(Beginning of GIVEN RECORDS)

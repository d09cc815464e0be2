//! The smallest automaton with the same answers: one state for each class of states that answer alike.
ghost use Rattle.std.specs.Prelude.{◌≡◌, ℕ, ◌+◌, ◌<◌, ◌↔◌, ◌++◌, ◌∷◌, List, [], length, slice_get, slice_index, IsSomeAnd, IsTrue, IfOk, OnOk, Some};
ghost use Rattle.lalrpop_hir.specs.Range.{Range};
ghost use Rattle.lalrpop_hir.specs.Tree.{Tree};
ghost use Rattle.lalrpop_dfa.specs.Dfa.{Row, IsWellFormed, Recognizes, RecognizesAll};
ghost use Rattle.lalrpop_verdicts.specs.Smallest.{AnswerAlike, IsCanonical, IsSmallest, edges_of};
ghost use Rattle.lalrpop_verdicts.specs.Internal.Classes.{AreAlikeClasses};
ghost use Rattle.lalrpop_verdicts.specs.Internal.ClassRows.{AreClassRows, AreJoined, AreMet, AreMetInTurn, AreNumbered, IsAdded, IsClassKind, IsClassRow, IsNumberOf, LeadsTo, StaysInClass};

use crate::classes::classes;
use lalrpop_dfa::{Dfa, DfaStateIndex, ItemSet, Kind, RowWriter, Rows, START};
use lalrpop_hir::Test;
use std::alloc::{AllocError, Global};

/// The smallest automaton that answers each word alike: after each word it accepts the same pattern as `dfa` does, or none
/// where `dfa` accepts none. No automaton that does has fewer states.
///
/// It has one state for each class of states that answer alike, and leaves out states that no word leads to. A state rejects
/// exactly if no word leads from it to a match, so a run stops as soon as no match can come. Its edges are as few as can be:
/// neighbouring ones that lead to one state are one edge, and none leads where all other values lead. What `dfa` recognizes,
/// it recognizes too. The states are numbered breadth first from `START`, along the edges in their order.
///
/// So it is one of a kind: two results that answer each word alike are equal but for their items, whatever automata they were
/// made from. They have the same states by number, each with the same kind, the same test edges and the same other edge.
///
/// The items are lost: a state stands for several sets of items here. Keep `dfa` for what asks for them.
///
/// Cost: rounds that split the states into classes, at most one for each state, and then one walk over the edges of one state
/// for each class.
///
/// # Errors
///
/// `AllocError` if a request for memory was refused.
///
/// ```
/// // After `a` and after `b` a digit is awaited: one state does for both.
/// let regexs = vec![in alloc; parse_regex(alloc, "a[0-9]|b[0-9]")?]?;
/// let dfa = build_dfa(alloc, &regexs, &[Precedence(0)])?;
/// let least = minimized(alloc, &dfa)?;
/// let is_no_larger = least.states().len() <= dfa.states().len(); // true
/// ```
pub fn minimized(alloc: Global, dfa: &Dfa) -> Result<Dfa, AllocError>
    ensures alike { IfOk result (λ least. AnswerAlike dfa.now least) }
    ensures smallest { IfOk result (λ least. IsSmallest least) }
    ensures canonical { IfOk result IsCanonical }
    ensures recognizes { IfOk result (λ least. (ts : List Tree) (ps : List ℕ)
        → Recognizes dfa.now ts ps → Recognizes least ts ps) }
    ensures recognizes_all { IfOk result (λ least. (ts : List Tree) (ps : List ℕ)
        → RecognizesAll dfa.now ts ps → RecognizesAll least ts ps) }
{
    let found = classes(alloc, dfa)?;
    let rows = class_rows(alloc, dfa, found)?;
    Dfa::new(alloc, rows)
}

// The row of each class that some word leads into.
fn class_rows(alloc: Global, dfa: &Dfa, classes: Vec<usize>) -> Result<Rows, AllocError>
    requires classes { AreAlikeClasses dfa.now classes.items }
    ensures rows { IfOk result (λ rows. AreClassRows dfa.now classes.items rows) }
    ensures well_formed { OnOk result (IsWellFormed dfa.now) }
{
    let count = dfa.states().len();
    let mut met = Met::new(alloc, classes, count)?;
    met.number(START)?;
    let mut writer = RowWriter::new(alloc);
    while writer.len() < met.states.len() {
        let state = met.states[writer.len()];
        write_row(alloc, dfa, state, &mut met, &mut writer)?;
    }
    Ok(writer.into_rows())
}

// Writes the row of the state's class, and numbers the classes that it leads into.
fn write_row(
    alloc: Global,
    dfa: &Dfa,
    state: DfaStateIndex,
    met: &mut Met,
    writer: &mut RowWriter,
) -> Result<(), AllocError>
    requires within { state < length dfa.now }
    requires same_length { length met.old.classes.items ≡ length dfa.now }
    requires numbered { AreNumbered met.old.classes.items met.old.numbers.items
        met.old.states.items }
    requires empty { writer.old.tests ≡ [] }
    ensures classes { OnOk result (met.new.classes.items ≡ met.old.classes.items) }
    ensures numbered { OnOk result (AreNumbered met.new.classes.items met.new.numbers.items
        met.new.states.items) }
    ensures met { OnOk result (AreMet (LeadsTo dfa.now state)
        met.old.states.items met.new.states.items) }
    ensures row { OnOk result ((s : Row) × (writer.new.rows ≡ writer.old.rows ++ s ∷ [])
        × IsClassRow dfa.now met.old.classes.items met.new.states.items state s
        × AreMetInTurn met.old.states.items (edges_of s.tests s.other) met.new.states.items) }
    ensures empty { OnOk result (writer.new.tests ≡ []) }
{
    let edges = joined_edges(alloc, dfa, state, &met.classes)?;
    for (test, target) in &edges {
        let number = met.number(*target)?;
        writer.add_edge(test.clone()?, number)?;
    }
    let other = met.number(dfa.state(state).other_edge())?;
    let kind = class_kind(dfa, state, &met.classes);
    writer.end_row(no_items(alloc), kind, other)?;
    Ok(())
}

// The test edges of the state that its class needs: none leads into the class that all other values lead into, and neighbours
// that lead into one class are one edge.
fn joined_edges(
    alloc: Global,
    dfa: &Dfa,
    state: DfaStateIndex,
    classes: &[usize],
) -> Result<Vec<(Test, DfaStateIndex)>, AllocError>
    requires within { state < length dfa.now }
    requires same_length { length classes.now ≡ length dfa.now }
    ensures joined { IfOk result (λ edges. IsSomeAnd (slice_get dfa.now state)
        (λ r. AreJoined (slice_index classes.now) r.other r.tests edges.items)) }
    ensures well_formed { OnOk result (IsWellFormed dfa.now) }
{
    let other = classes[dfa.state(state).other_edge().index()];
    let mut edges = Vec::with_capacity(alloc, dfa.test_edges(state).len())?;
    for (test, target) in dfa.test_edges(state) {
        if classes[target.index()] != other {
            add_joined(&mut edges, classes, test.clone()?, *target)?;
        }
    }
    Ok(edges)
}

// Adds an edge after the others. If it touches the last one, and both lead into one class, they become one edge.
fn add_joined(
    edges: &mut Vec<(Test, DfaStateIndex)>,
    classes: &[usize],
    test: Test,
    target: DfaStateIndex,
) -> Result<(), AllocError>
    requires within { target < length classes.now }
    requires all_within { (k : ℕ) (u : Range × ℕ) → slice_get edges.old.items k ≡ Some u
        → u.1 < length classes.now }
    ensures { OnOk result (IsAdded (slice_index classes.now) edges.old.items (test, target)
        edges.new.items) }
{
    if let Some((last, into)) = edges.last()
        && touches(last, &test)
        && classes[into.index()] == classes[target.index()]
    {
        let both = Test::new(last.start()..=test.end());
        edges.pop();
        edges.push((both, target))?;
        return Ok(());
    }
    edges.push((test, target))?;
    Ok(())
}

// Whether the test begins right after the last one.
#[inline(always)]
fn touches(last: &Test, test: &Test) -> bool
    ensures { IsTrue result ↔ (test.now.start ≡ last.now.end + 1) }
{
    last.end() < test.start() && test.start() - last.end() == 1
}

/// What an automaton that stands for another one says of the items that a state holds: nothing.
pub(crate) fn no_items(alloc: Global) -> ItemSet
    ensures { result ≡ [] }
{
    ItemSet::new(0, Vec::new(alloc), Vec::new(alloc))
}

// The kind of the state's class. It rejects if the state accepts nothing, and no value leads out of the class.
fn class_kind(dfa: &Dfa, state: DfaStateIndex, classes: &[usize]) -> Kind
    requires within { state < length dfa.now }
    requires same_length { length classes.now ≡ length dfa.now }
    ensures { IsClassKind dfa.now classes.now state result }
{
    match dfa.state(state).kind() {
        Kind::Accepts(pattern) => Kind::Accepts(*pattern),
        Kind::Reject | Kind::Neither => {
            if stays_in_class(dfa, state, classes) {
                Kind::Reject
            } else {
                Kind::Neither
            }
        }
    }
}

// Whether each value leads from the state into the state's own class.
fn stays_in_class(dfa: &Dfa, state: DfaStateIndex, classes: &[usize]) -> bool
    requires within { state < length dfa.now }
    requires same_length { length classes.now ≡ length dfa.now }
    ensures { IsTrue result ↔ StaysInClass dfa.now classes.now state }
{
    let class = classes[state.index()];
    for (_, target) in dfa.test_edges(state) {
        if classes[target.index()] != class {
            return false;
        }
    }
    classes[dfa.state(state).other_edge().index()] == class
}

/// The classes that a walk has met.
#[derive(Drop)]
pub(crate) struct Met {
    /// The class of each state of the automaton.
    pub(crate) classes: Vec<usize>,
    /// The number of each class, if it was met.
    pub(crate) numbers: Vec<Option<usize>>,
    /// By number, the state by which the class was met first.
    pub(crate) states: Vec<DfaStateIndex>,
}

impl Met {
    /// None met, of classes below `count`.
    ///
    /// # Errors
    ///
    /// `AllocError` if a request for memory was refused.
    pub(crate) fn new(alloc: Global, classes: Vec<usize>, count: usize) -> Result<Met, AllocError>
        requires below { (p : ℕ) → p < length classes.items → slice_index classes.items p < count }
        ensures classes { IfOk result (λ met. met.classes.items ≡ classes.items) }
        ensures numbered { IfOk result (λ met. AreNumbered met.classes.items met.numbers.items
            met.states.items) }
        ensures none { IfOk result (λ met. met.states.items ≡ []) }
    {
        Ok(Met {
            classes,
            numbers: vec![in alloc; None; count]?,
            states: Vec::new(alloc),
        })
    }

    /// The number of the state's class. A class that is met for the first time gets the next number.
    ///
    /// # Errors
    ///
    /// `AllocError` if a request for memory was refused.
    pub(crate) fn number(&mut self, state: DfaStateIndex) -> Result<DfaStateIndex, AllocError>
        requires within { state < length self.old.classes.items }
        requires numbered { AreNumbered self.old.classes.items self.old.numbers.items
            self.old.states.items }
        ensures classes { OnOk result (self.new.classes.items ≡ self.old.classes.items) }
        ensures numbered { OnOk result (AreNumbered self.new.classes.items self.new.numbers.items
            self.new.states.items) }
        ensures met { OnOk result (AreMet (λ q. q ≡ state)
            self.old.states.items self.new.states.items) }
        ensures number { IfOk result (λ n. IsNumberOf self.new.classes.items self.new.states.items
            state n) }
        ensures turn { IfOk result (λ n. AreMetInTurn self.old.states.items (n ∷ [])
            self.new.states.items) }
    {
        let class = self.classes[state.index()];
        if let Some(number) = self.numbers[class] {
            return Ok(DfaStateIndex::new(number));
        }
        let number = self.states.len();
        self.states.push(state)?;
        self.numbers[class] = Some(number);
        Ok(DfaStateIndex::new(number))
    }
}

(End of GIVEN RECORDS)

> **WORK ORDER**: Above are the records. Copy every line in them holding "pattern".

> **SOLUTION**:
/// The smallest automaton that answers each word alike: after each word it accepts the same pattern as `dfa` does, or none
        Kind::Accepts(pattern) => Kind::Accepts(*pattern),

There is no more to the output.